More Ty-ee-nol, Momma?


Our son has a sweet tooth -- or should I say sweet teeth, since he is infatuated with sugar. Especially refined sugar. Preferably with red dye number 40. Particularly late at night. And hopefully laced with caffeine to prolong the wall-bouncing that inevitably ensues.

I should have known. When he was a year old I let him play with the pots and pans in the kitchen while I assembled our dinner. I didn't work fast enough, because in the blink of an eye he went from drumming like a fiend to scavenging like a rodent through our kitchen cupboards.
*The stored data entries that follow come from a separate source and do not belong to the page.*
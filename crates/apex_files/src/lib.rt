//! What the programs do with files and outputs: they read a whole file, write a whole text, and report a refusal by a
//! line and a status.
#![tactic(auto)]

pub mod files;
pub mod named_scripts;
mod outputs;
pub mod packed_scripts;
mod reading;
pub mod refusal;
mod terminal;

pub use crate::files::{FILE_LIMIT, Obstacle, Opener, READ_LIMIT, SystemFiles, file_bytes};
pub use crate::named_scripts::{partition_and_path, scripts_named};
pub use crate::outputs::{print, refuse};
pub use crate::packed_scripts::read_packed_script;
pub use crate::reading::{read_config, read_file};
pub use crate::refusal::Refusal;
pub use crate::terminal::Shown;
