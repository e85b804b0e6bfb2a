//! Reads the bytes of a file, or the configuration in it.
ghost use Rattle.std.specs.Prelude.{IfSome};
ghost use Rattle.apex_files.specs.Reading.{IsFileRead, IsConfigRead};

use crate::files::{FileFault, Opener, read_path};
use crate::refusal::Refusal;
use apex_config::ReadConfig;
use apex_module::Config;
use apex_texts::Fault;
use std::alloc::Global;

/// The bytes of the file at a path, or the refusal that says why they were not read.
pub fn read_file<'a, O: Opener>(
    alloc: Global,
    opener: &O,
    path: &'a str,
) -> Result<Vec<u8>, Refusal<'a>>
    ensures { IsFileRead (O.bytes_at opener.now) path.now result }
{
    match read_path(alloc, opener, path) {
        Ok(bytes) => Ok(bytes),
        Err(FileFault::Unreadable(obstacle)) => Err(Refusal::File { path, obstacle }),
        Err(FileFault::OutOfMemory) => Err(Refusal::Text(Fault::Memory)),
    }
}

/// The configuration in a file.
pub fn read_config<'a, O: Opener>(
    alloc: Global,
    opener: &O,
    path: &'a str,
) -> Result<Config, Refusal<'a>>
    ensures { IfSome (O.bytes_at opener.now path.now) (IsConfigRead result) }
{
    let text = read_file(alloc, opener, path)?;
    match Config::read(alloc, text.as_slice()) {
        Ok(config) => Ok(config),
        Err(fault) => Err(Refusal::Text(Fault::from(fault))),
    }
}
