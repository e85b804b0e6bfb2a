//! Writes to standard output and to standard error.
ghost use Rattle.std.specs.Prelude.{◌≡◌, ◌∷◌, ◌++◌, [], IfErr, OnOk};
ghost use Rattle.std.specs.Io.KnownBytes.{Appends};
ghost use Rattle.apex_files.specs.Refusal.{status_of, refusal_line};

use crate::refusal::Refusal;
use std::io;
use std::io::Write;

/// Writes all bytes.
pub fn print<'a, W: Write>(output: &mut W, bytes: &[u8]) -> Result<(), Refusal<'a>>
    ensures written { OnOk result
        (Appends (W.contents output.old) (W.contents output.new) bytes.now) }
    ensures refused { IfErr result (λ refusal. refusal ≡ Refusal.Output) }
{
    if output.write_all(bytes).is_err() || output.flush().is_err() {
        return Err(Refusal::Output);
    }
    Ok(())
}

/// Writes the line of a refusal, and returns its status. If the line can't be written, only the status reports the
/// refusal.
pub fn refuse<E: Write>(refusal: Refusal<'_>, errors: &mut E) -> u8
    ensures { result ≡ status_of refusal.entry }
{
    let _ = write_line(&refusal, errors);
    refusal.status()
}

/// Writes the line of a refusal.
fn write_line<E: Write>(refusal: &Refusal<'_>, errors: &mut E) -> io::Result<()>
    ensures { let line = refusal_line refusal.now ++ 10 ∷ [] in
        OnOk result (Appends (E.contents errors.old) (E.contents errors.new) line) }
{
    writeln!(errors, "{refusal}")
}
He expertly cast aside the canned vegetables, knocked over a five pound bag of flour, and threw the spice jars around like live grenades. But the boy knew what he was after, and he settled on his prize without hesitation. He let out a squeal of delight and dove head first into the brown sugar bag.

I dropped the salad dressing and dragged him out of the lazy Susan. He tried to squirm back into the cupboard while I brushed clingy clumps of sugar out of his hair, eyes, nose, and mouth. "Mooooooooooooooooooooooow-er? Moooooooow-er pease"? (Mower meant 'more' in those days, and 'pease' is and remains 'please').

Ah, "more". The monosyllabic request of a legion of toddlers. In the time since he learned the word, Little Man has made numerous requests for more. Each day brings a new demand:

More sugar?
More candy?
More swimming?
More juice?
More wawer? (water)
More wawer park?
More beach?
More Grammy?
More Papa?
More up? (i.e. don't put me to bed)
More down?
More snuggles?
More frenfry? (french fries)
More book?
More tickle?
More puppy?
More horsey?
More chick-en? Bawk bawk? More chick-en?

But last night's request was unusual:
More ty-ee-nol? Pease, Momma?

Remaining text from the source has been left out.